### Task brief:
Go through the material below and copy all lines with "methods".

= = = = =

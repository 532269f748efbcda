ghost use Rattle.std.specs.Prelude.{◌≡◌, length, IfOk};
ghost use Rattle.bcj_decl_rules.specs.function.Above.{IsAcyclic};
ghost use Rattle.bcj_decl_table.specs.Views.{world_in};
ghost use Rattle.bcj_decl_orders.specs.Orders.{AreOrders, list_at};

use crate::gather::{Places, list_in};
use crate::rounds::run;
use bcj_decl_listing::Listing;
use bcj_symbolic_trees::Sequence;
use std::alloc::{AllocError, Global};

/// For each place a list of places.
pub type Orders = Sequence<Places>;

fn empty_lists(alloc: Global, count: usize) -> Result<Vec<Places>, AllocError>
    ensures { IfOk result (λ v. length v.items ≡ count) }
{
    let mut lists = Vec::new(alloc);
    for _ in 0..count {
        lists.push(Sequence::new(alloc))?;
    }
    Ok(lists)
}

/// The places of the superinterfaces of each type, in the order in which a search of its members meets them (JLS 8.4.8, 9.4.1) and each
/// once.
pub fn orders(alloc: Global, listing: &Listing) -> Result<Orders, AllocError>
    requires { IsAcyclic (world_in listing.now.types) }
    ensures { IfOk result (λ o. AreOrders (world_in listing.now.types) o) }
{
    let mut lists = empty_lists(alloc, listing.len())?;
    let mut done = vec![in alloc; false; listing.len()]?;
    run(alloc, listing, lists.as_mut_slice(), done.as_mut_slice())?;
    Ok(Sequence::of(lists))
}

/// The list at a place, an empty one past the end. It takes no memory.
pub fn places_above(orders: &Orders, place: usize) -> &[usize]
    ensures { result.now ≡ list_at orders.now place }
{
    list_in(orders.as_slice(), place)
}
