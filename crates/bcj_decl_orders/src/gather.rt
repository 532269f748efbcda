ghost use Rattle.std.specs.Prelude.{◌≡◌, [], nat_eq, IfOk, OnOk};
ghost use Rattle.std.specs.List.{IsDistinct};
ghost use Rattle.indexmap.specs.IndexSet.{insert_all};
ghost use Rattle.bcj_decl_table.specs.Views.{world_in};
ghost use Rattle.bcj_decl_orders.specs.Orders.{list_at};
ghost use Rattle.bcj_decl_orders.specs.Rounds.{gathered, places_over};

use bcj_decl_listing::Listing;
use bcj_names::Name;
use bcj_symbolic_trees::Sequence;
use indexmap::IndexSet;
use std::alloc::{AllocError, Global};

/// Places in a listing.
pub type Places = Sequence<usize>;

/// The list at a place, an empty one past the end.
pub fn list_in(lists: &[Places], place: usize) -> &[usize]
    ensures { result.now ≡ list_at lists.now place }
{
    match lists.get(place) {
        None => &[],
        Some(list) => list.as_slice(),
    }
}

fn put_each(found: &mut IndexSet<usize>, places: &[usize]) -> Result<(), AllocError>
    ensures { OnOk result (found.new.keys ≡ insert_all nat_eq found.old.keys places.now) }
{
    for place in places {
        found.insert(*place)?;
    }
    Ok(())
}

/// Puts the place of a name into the set, and then the list there.
fn put_name(
    found: &mut IndexSet<usize>,
    listing: &Listing,
    lists: &[Places],
    name: &Name,
) -> Result<(), AllocError>
    ensures { OnOk result (found.new.keys ≡ insert_all nat_eq found.old.keys (places_over (world_in listing.now.types) lists.now name.now)) }
{
    match listing.place(name) {
        None => Ok(()),
        Some(place) => {
            found.insert(place)?;
            put_each(found, list_in(lists, place))
        }
    }
}

/// The places of these names, each with the list of its type behind it.
pub fn gather(
    alloc: Global,
    listing: &Listing,
    lists: &[Places],
    names: &[Name],
) -> Result<Places, AllocError>
    ensures places { IfOk result (λ l. l ≡ gathered (world_in listing.now.types) lists.now [] names.now) }
    ensures once { IfOk result (λ l. IsDistinct nat_eq l) }
{
    let mut found = IndexSet::new(alloc);
    for name in names {
        put_name(&mut found, listing, lists, name)?;
    }
    Ok(Sequence::of(Vec::from_slice(alloc, found.as_slice())?))
}
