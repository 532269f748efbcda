//! The words of classes: their code, their tables and their static fields.

ghost use Rattle.std.specs.Prelude.{◌≡◌, length, map, sum, IfOk};
ghost use Rattle.std.specs.List.{filter};
ghost use Rattle.bcj_layout_rules.specs.Places as places;

use crate::adding::{plus, with_count};
use crate::part::Words;
use bcj_symbolic_trees::Sequence;
use bcj_tables_rules::{ClassRecord, FieldRecord, MethodRecord};
use std::alloc::{AllocError, Global};

/// The address of the class initialiser, with which a table region begins.
const INITIALISER: u32 = 1;

fn method_words(methods: &[MethodRecord]) -> Result<u32, AllocError>
    ensures { IfOk result (λ n. n ≡ sum (map (λ m. m.words) methods.now)) }
{
    let mut words = 0;
    for method in methods {
        words = plus(words, method.words)?;
    }
    Ok(words)
}

fn static_words(fields: &[FieldRecord]) -> Result<u32, AllocError>
    ensures { IfOk result (λ n. n ≡ length (filter (λ f. f.is_static) fields.now)) }
{
    let mut words = 0;
    for field in fields {
        words = plus(words, field.is_static as u32)?;
    }
    Ok(words)
}

fn region_words(class: &ClassRecord) -> Result<u32, AllocError>
    ensures { IfOk result (λ n. n ≡ places.region_words class.now) }
{
    let class_entries = with_count(INITIALISER, class.ctable.len())?;
    let offset_entries = with_count(class_entries, class.otable.len())?;
    let address_entries = with_count(offset_entries, class.atable.len())?;
    with_count(address_entries, class.itable.len())
}

/// The words of the code of each class.
pub fn code_sizes(alloc: Global, classes: &[ClassRecord]) -> Result<Words, AllocError>
    ensures { IfOk result (λ sizes. sizes ≡ map places.class_words classes.now) }
{
    let mut sizes = Sequence::new(alloc);
    for class in classes {
        sizes.push(method_words(class.methods.as_slice())?)?;
    }
    Ok(sizes)
}

/// The words of the table region of each class.
pub fn region_sizes(alloc: Global, classes: &[ClassRecord]) -> Result<Words, AllocError>
    ensures { IfOk result (λ sizes. sizes ≡ map places.region_words classes.now) }
{
    let mut sizes = Sequence::new(alloc);
    for class in classes {
        sizes.push(region_words(class)?)?;
    }
    Ok(sizes)
}

/// The words of the static fields of each class.
pub fn static_sizes(alloc: Global, classes: &[ClassRecord]) -> Result<Words, AllocError>
    ensures { IfOk result (λ sizes. sizes ≡ map (λ c. length (places.statics_in c)) classes.now) }
{
    let mut sizes = Sequence::new(alloc);
    for class in classes {
        sizes.push(static_words(class.fields.as_slice())?)?;
    }
    Ok(sizes)
}
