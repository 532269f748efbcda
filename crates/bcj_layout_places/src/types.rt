//! The words of rows and of dispatch rows.

ghost use Rattle.std.specs.Prelude.{◌≡◌, ◌+◌, ◌++◌, map, IfOk, OnOk};
ghost use Rattle.std.specs.List.{All};
ghost use Rattle.bcj_symbolic_trees.specs.Types.{class_type};
ghost use Rattle.bcj_hier_rules.specs.Heads.{IsIn, name_of};
ghost use Rattle.bcj_hier_rules.specs.Loading.{is_interface};
ghost use Rattle.bcj_layout_rules.specs.Rows as spec;
ghost use Rattle.bcj_layout_rules.specs.Places as places;
ghost use Rattle.bcj_layout_resolution.specs.Places.{heads_in};
ghost use Rattle.bcj_layout_rows.specs.Found.{selectors_in, IsLoading};
ghost use Rattle.bcj_layout_places.specs.Parts.{class_row};

use crate::adding::plus;
use crate::part::Words;
use bcj_hier_rules::ClassId;
use bcj_layout_members::Members;
use bcj_layout_resolution::Resolver;
use bcj_layout_rows::Selectors;
use bcj_symbolic_trees::{Sequence, Ty};
use std::alloc::{AllocError, Global};

/// The words of a row before its slots.
const ROW_HEAD: u32 = 4;

#[tactic(auto, using(crate::proofs::Interfaces::interface_by_record))]
fn is_interface(resolver: &Resolver, class: ClassId) -> bool
    requires there { IsIn (heads_in resolver.now) class }
    ensures { result ≡ is_interface (spec.mixture_of resolver.now) (name_of (heads_in resolver.now) class) }
{
    let _facts = resolver.hier().len();
    match resolver.records().classes.get(class.0 as usize) {
        None => false,
        Some(record) => record.head.interface,
    }
}

/// The words of a class's own dispatch row.
fn dispatch_words(
    resolver: &Resolver,
    selectors: &Selectors<'_>,
    class: ClassId,
) -> Result<u32, AllocError>
    requires these { selectors_in selectors.now ≡ spec.selectors resolver.now }
    requires loaded { IsLoading resolver.now class }
    ensures { IfOk result (λ n. n ≡ places.dispatch_words resolver.now (name_of (heads_in resolver.now) class)) }
{
    if is_interface(resolver, class) {
        return Ok(0);
    }
    match selectors.highest(resolver, class) {
        0 => Ok(0),
        highest => plus(highest, 1),
    }
}

/// The words of the own dispatch row of each of these types.
pub fn dispatch_sizes(
    alloc: Global,
    resolver: &Resolver,
    selectors: &Selectors<'_>,
    classes: &[ClassId],
) -> Result<Words, AllocError>
    requires these { selectors_in selectors.now ≡ spec.selectors resolver.now }
    requires loaded { All (IsLoading resolver.now) classes.now }
    ensures { IfOk result (λ sizes. sizes ≡ map (places.dispatch_words resolver.now) (map (name_of (heads_in resolver.now)) classes.now)) }
{
    let mut sizes = Sequence::new(alloc);
    for class in classes {
        sizes.push(dispatch_words(resolver, selectors, *class)?)?;
    }
    Ok(sizes)
}

/// The words of the row of a type that loads.
fn row_words(members: &Members<'_>, class: ClassId) -> Result<u32, AllocError>
    requires loaded { IsLoading members.now class }
    ensures { IfOk result (λ n. n ≡ class_row members.now (name_of (heads_in members.now) class)) }
{
    plus(ROW_HEAD, members.slot_count(class))
}

/// The words of the rows of these types.
fn class_row_sizes(
    alloc: Global,
    members: &Members<'_>,
    classes: &[ClassId],
) -> Result<Words, AllocError>
    requires loaded { All (IsLoading members.now) classes.now }
    ensures { IfOk result (λ sizes. sizes ≡ map (class_row members.now) (map (name_of (heads_in members.now)) classes.now)) }
{
    let mut sizes = Sequence::new(alloc);
    for class in classes {
        sizes.push(row_words(members, *class)?)?;
    }
    Ok(sizes)
}

/// Puts those of arrays behind them, which have no slots.
fn push_array_rows(arrays: &[Ty], sizes: &mut Words) -> Result<(), AllocError>
    ensures { OnOk result (sizes.new ≡ sizes.old ++ map (λ _. places.row_head) arrays.now) }
{
    for _array in arrays {
        sizes.push(ROW_HEAD)?;
    }
    Ok(())
}

/// The words of the rows of these types and of arrays.
pub fn row_sizes(
    alloc: Global,
    members: &Members<'_>,
    classes: &[ClassId],
    arrays: &[Ty],
) -> Result<Words, AllocError>
    requires loaded { All (IsLoading members.now) classes.now }
    ensures { IfOk result (λ sizes. sizes ≡ map (class_row members.now) (map (name_of (heads_in members.now)) classes.now) ++ map (λ _. places.row_head) arrays.now) }
{
    let mut sizes = class_row_sizes(alloc, members, classes)?;
    push_array_rows(arrays, &mut sizes)?;
    Ok(sizes)
}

= = = = =

### Written solution:
fn method_words(methods: &[MethodRecord]) -> Result<u32, AllocError>
    ensures { IfOk result (λ n. n ≡ sum (map (λ m. m.words) methods.now)) }
    for method in methods {
        sizes.push(method_words(class.methods.as_slice())?)?;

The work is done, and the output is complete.